Las familias de los niños demandaron al Estado chileno ante la Corte Internacional de La Haya, pero a pesar del dictamen favorable el caso sigue sin responsables. Desde entonces, luchan porque el caso tenga justicia y ambas víctimas sean reconocidas como tales por el Estado de Chile.

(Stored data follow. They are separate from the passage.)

impl<H: Sha1HmacProvider + Drop, P: LocalPreference> TwoAgents<H, P> {
    /// Two newly created agents, without in-flight packets.
    ///
    /// Fails with `CredentialsTooLong` if the username fragment of one is too long.
    pub fn new(alloc: Global, a: AgentSpec<H>, b: AgentSpec<H>) -> Result<Self, IceError>
        ensures { MakesWorld a b (made_world result) }
    {
        let a = member(alloc, a)?;
        let b = member(alloc, b)?;
        Ok(TwoAgents {
            a,
            b,
            network: Vec::new(alloc),
        })
    }

    /// Memory for all entries is allocated before the first event.
    fn run_events<R: Rng, S: Rng>(
        &mut self,
        events: Vec<TwoAgentsEvent<P>>,
        rng_a: &mut R,
        rng_b: &mut S,
    ) -> WorldLog
        ensures { IsWorldLog H.mac P.answers (world_of self.old) (sources (R.stream rng_a.old) (S.stream rng_b.old)) events.items result
            (world_of self.new) (sources (R.stream rng_a.new) (S.stream rng_b.new)) }
    {
        let alloc = *events.allocator();
        let Ok(mut entries) = Vec::with_capacity(alloc, events.len()) else {
            return WorldLog {
                entries: Vec::new(alloc),
                stopped: true,
            };
        };
        for event in events {
            let entry = self.happen(entries.len(), event, rng_a, rng_b);
            entries.push_reserved(entry);
        }
        WorldLog {
            entries,
            stopped: false,
        }
    }

    /// Lets the events happen in order, and logs the result of each. The guarantees on roles and causal chains hold for two
    /// agents as `new` creates them.
    ///
    /// Memory for all entries is allocated first. If that fails nothing is done, and the log says so.
    pub fn run<R: Rng, S: Rng>(
        &mut self,
        events: Vec<TwoAgentsEvent<P>>,
        rng_a: &mut R,
        rng_b: &mut S,
    ) -> WorldLog
        // The log is an execution of both agents' transitions: one entry for each event, in order, or nothing was done.
        ensures log { IsWorldLog H.mac P.answers (world_of self.old) (sources (R.stream rng_a.old) (S.stream rng_b.old)) events.items result
            (world_of self.new) (sources (R.stream rng_a.new) (S.stream rng_b.new)) }

        // The headline, of two agents that keep the profile `Original` and have different tie-breakers. The agent with the greater one keeps
        // its role, the role of the other one changes in at most one event, and once this one has met the role of the first (`Meets`), the
        // roles are different. The next three clauses say the same of any two agents of which none is a lite one with the profile `Modern`.
        ensures headline { RolesHeadline H.mac P.answers (world_of self.old) (sources (R.stream rng_a.old) (S.stream rng_b.old)) (logged events.items result.entries.items) }

        // The agent with the greater tie-breaker keeps its role.
        ensures keeps { GreaterKeeps (world_of self.old) (logged events.items result.entries.items) }

        // The other agent switches its role at most once.
        ensures switches_role { LesserSwitchesOnce (world_of self.old) (logged events.items result.entries.items) }

        // Once this other agent has met the role of the first (`Meets`), the roles are different.
        ensures differ { RolesDifferOnceMet H.mac P.answers (world_of self.old) (sources (R.stream rng_a.old) (S.stream rng_b.old)) (logged events.items result.entries.items) }

        // Whatever roles they start with: if a check of either is delivered, at any time and through any NATs, and so is its 487 if
        // it gets one, the roles are different from then on. Precondition: the 487 comes while the check is pending, and none of
        // its sender's calls may have removed the pair.
        ensures meet { RolesMeet H.mac P.answers (world_of self.old) (sources (R.stream rng_a.old) (S.stream rng_b.old)) (logged events.items result.entries.items) }

        // If an agent is never lite, each path that it selected was answered by the other agent, and the response was received on
        // its reverse path. The other one may be lite, with any profile; nothing is required of roles and tie-breakers.
        ensures traced { SelectedAreTraced (world_of self.old) (logged events.items result.entries.items) result.entries.items }

        // What the callers see of this: after each event, each `NominatedSend` that waits in a side reports a path that a call of the side
        // selected since its last ICE restart, with `Modern` since its last clear. If the side was never lite, the path had got an
        // authentic success response by then.
        ensures events { BothReportSelected H.mac P.answers (world_of self.old) (sources (R.stream rng_a.old) (S.stream rng_b.old)) (logged events.items result.entries.items) }
        ensures events_answered { BothReportAnswered H.mac P.answers (world_of self.old) (sources (R.stream rng_a.old) (S.stream rng_b.old)) (logged events.items result.entries.items) }

        // Progress of the controlling agent: n of its pairs are due by an earlier time at a `handle_timeout` call. If it sends a
        // check on the path of one of these pairs in the n rounds from this call on, the network delivers such a check, and its
        // success response at any time while the check is pending, also through NATs. Both agents know each other, their roles
        // differ, and the check reaches the other agent. Then the controlling agent selects a path by then, whatever else happens.
        // Candidates may be added in the rounds, if there are 2n - 1 for n pairs in all, and one more for each pair that is added,
        // unless an added candidate may remove a pair of the path. If checks may go ahead, it is 2n rounds, or 4n - 1 and two more. With the
        // profile `Modern` it is 2 * m after the first, however many pairs there are, if a request was served on the pair, and fewer
        // than m of them check the selected pair or urgent pairs before it.
        ensures rounds { DeliveredRoundsSelect H.mac P.answers (world_of self.old) (sources (R.stream rng_a.old) (S.stream rng_b.old)) (logged events.items result.entries.items) }

        // Progress of the controlled agent: the controlling agent checks a path whose pairs it nominated, and the check arrives on
        // the reverse of a path that the controlled agent checks. The network delivers the first check, the second, and its success
        // response, at any time while the second is pending, and through any NATs. Then the controlled agent selected a path by its
        // next `handle_timeout` call that serves no early request, and the path that it selected last is that of an eligible pair of
        // greatest priority. Precondition: only one of its pairs uses the path's addresses, and none of its calls may have removed
        // such a pair.
        ensures nomination_accepted { AcceptedNominationsSelect H.mac P.answers (world_of self.old) (sources (R.stream rng_a.old) (S.stream rng_b.old)) (logged events.items result.entries.items) }

        // Progress of both: the controlling agent has a nominated pair, and the controlled agent a pair. Each has rounds that
        // suffice: 2n - 1 if it has n pairs, and one more for each pair that is added, or 4n - 1 and two more if checks may go ahead. If
        // nominations have numbers, each path that it selects in them, or selected before and has not checked since, counts like a pair
        // that is added. It is 2 * m rounds, however many pairs there are, if a request was served on the pair, and fewer than m of them
        // check other pairs before it. If checks are sent on the two paths in these rounds, one of each agent is delivered, and so is the success
        // response to the controlled agent. Then the controlled agent selected a path by its next `handle_timeout` call, as in
        // `nomination_accepted`.
        ensures connect { BothConnect H.mac P.answers (world_of self.old) (sources (R.stream rng_a.old) (S.stream rng_b.old)) (logged events.items result.entries.items) }

        // In nanoseconds: a side has rounds as in `connect`, k after the first, and its caller is punctual: it calls `handle_timeout` at most
        // `delay` after a time that `poll_timeout` returned. Then a check is sent on the path at most k times `pace + delay` after the
        // first round begins, for a pacing interval of at most `pace`, unless the path is answered earlier.
        ensures in_time { ChecksComeInTime H.mac P.answers (world_of self.old) (sources (R.stream rng_a.old) (S.stream rng_b.old)) (logged events.items result.entries.items) }

        // In nanoseconds: no pair of the controlling agent is valid, and it has rounds that suffice as in `rounds`, k after the first, with a
        // punctual caller as in `in_time`. The other agent may begin in the same role. If each check on the path of the pair is answered in
        // a round that begins at most `trip` later, it selects a path in a round that begins at most k times `pace + delay`, and `trip`,
        // after the first, unless a candidate that it adds may remove a pair of the path.
        ensures selects_in_time { SelectionsComeInTime H.mac P.answers (world_of self.old) (sources (R.stream rng_a.old) (S.stream rng_b.old)) (logged events.items result.entries.items) }

        // Together, for two new agents with different tie-breakers, in whatever roles they begin: one check of either is delivered,
        // and its 487 if it gets one. If then the network delivers on one path of each, in both directions and while checks are
        // pending, the controlling agent selects a path once a check is answered, as in `rounds`, if it selected none before. If its
        // pairs on this path are nominated from then on, the controlled agent selects one by its next `handle_timeout` call after its
        // rounds, as in `connect`, or after a check of each was delivered with its response, in however few rounds.
        ensures both { BothSelect H.mac P.answers (world_of self.old) (sources (R.stream rng_a.old) (S.stream rng_b.old)) (logged events.items result.entries.items) }

        // On the same path: while neither agent is lite, all pairs of one are on a path, and all pairs of the other on the reverse
        // path, any two paths that they selected are the reverse of each other.
        ensures mirror { LonePathsMirror H.mac P.answers (world_of self.old) (sources (R.stream rng_a.old) (S.stream rng_b.old)) (logged events.items result.entries.items) }

        // On the same path, with several paths and through any NATs: both agents have renomination, and the controlling agent nominates a
        // path last. This check is delivered, no nomination of another path comes after it, and the controlled agent's own check on the
        // path is answered. Then each selected this path last, as it sees it, from the controlled agent's next `handle_timeout` call
        // on that serves no early request. Preconditions on its pairs of the path are those of `nomination_accepted`.
        ensures one_path { OnePathIsSelected H.mac P.answers (world_of self.old) (sources (R.stream rng_a.old) (S.stream rng_b.old)) (logged events.items result.entries.items) }

        // On the same path, with numbered nominations: the controlling agent nominates a path, and this check is delivered. At the end the
        // controlled agent goes by numbers, and a pair on the path is eligible and was nominated by a greater number than all others. Then
        // each selected this path last, whatever other nominations are delivered, late or repeatedly.
        ensures by_number { LeadingPathIsSelected H.mac P.answers (world_of self.old) (sources (R.stream rng_a.old) (S.stream rng_b.old)) (logged events.items result.entries.items) }

        // Each agent stores what `run` bounds, whatever the network delivers. With a limit on what packets bring, whenever it receives
        // one or a timeout comes: at most as many local candidates as the limit and its own `add_local_candidate` calls together, as
        // many remote ones as the limit and its `add_remote_candidate` calls, and as many sources as the limit.
        ensures bounded { BothAreBounded H.mac P.answers (world_of self.old) (sources (R.stream rng_a.old) (S.stream rng_b.old)) (logged events.items result.entries.items) }

        // Each agent stores at most as many pairs as the greatest limit on pairs that was in force when it added a candidate, plus its
        // local candidates times its remote ones.
        ensures few { BothHaveFewPairs H.mac P.answers (world_of self.old) (sources (R.stream rng_a.old) (S.stream rng_b.old)) (logged events.items result.entries.items) }

        // Packets, events and early requests wait in each agent as `run` says, and with a limit on what packets bring at most as many
        // `DiscoveredRecv` events.
        ensures waiting { BothAreShort H.mac P.answers (world_of self.old) (sources (R.stream rng_a.old) (S.stream rng_b.old)) (logged events.items result.entries.items) }
        ensures discovered { BothDiscoverFew H.mac P.answers (world_of self.old) (sources (R.stream rng_a.old) (S.stream rng_b.old)) (logged events.items result.entries.items) }

        // The settings of each agent are those that its calls set last.
        ensures settings { BothKeepSettings H.mac P.answers (world_of self.old) (sources (R.stream rng_a.old) (S.stream rng_b.old)) (logged events.items result.entries.items) }
    {
        greater_keeps::<H, P>();
        lesser_switches_once::<H, P>();
        roles_differ_once_met::<H, P>();
        selected_are_traced::<H, P>();
        delivered_rounds_select::<H, P>();
        accepted_nominations_select::<H, P>();
        both_connect::<H, P>();
        checks_come_in_time::<H, P>();
        selections_come_in_time::<H, P>();
        both_select::<H, P>();
        lone_paths_mirror::<H, P>();
        one_path_is_selected::<H, P>();
        leading_path_is_selected::<H, P>();
        roles_meet::<H, P>();
        lists_stay_bounded::<H, P>();
        pairs_stay_few::<H, P>();
        queues_are_short::<H, P>();
        discoveries_stay_few::<H, P>();
        waiting_are_selected::<H, P>();
        waiting_are_answered::<H, P>();
        settings_are_set::<H, P>();
        self.run_events(events, rng_a, rng_b)
    }
}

En memoria de los 307 niños y niñas ejecutados

En la actualidad, familiares y la comunidad de Guayacán afirman que los niños fueron asesinados por agentes militares del Regimiento de Arica. Luego de años, los habitantes de la población y la madre de Jimmy Christhie Bossy pidieron al municipio de Coquimbo un memorial.

Finalmente, “El mirador de los ángeles” fue construido en la intersección de las calles Barry Macauliffe y De los estanques, en la zona de Guayacán y El Llano de Coquimbo. Antes de su concreción, la madre de Jimmy aseguró que el objetivo del espacio era “para valorar la vida y para que nunca más vuelva a ocurrir atrocidades así en nuestro país y en ninguna parte del mundo”.

El Informe Rettig certificó en 307 los casos de menores de 20 años que fueron ejecutados en dictadura: las víctimas van desde niños de seis meses hasta la adolescencia, con 75 de ellos detenidos desaparecidos. Además, el Informe Valech sumó 102 casos en un anexo titulado “Menores de edad detenidos junto a sus padres o nacidos en prisión”. A la vez, la Comisión Valech acreditó que 2.200 niños y niñas sufrieron prisión política o tortura durante la dictadura.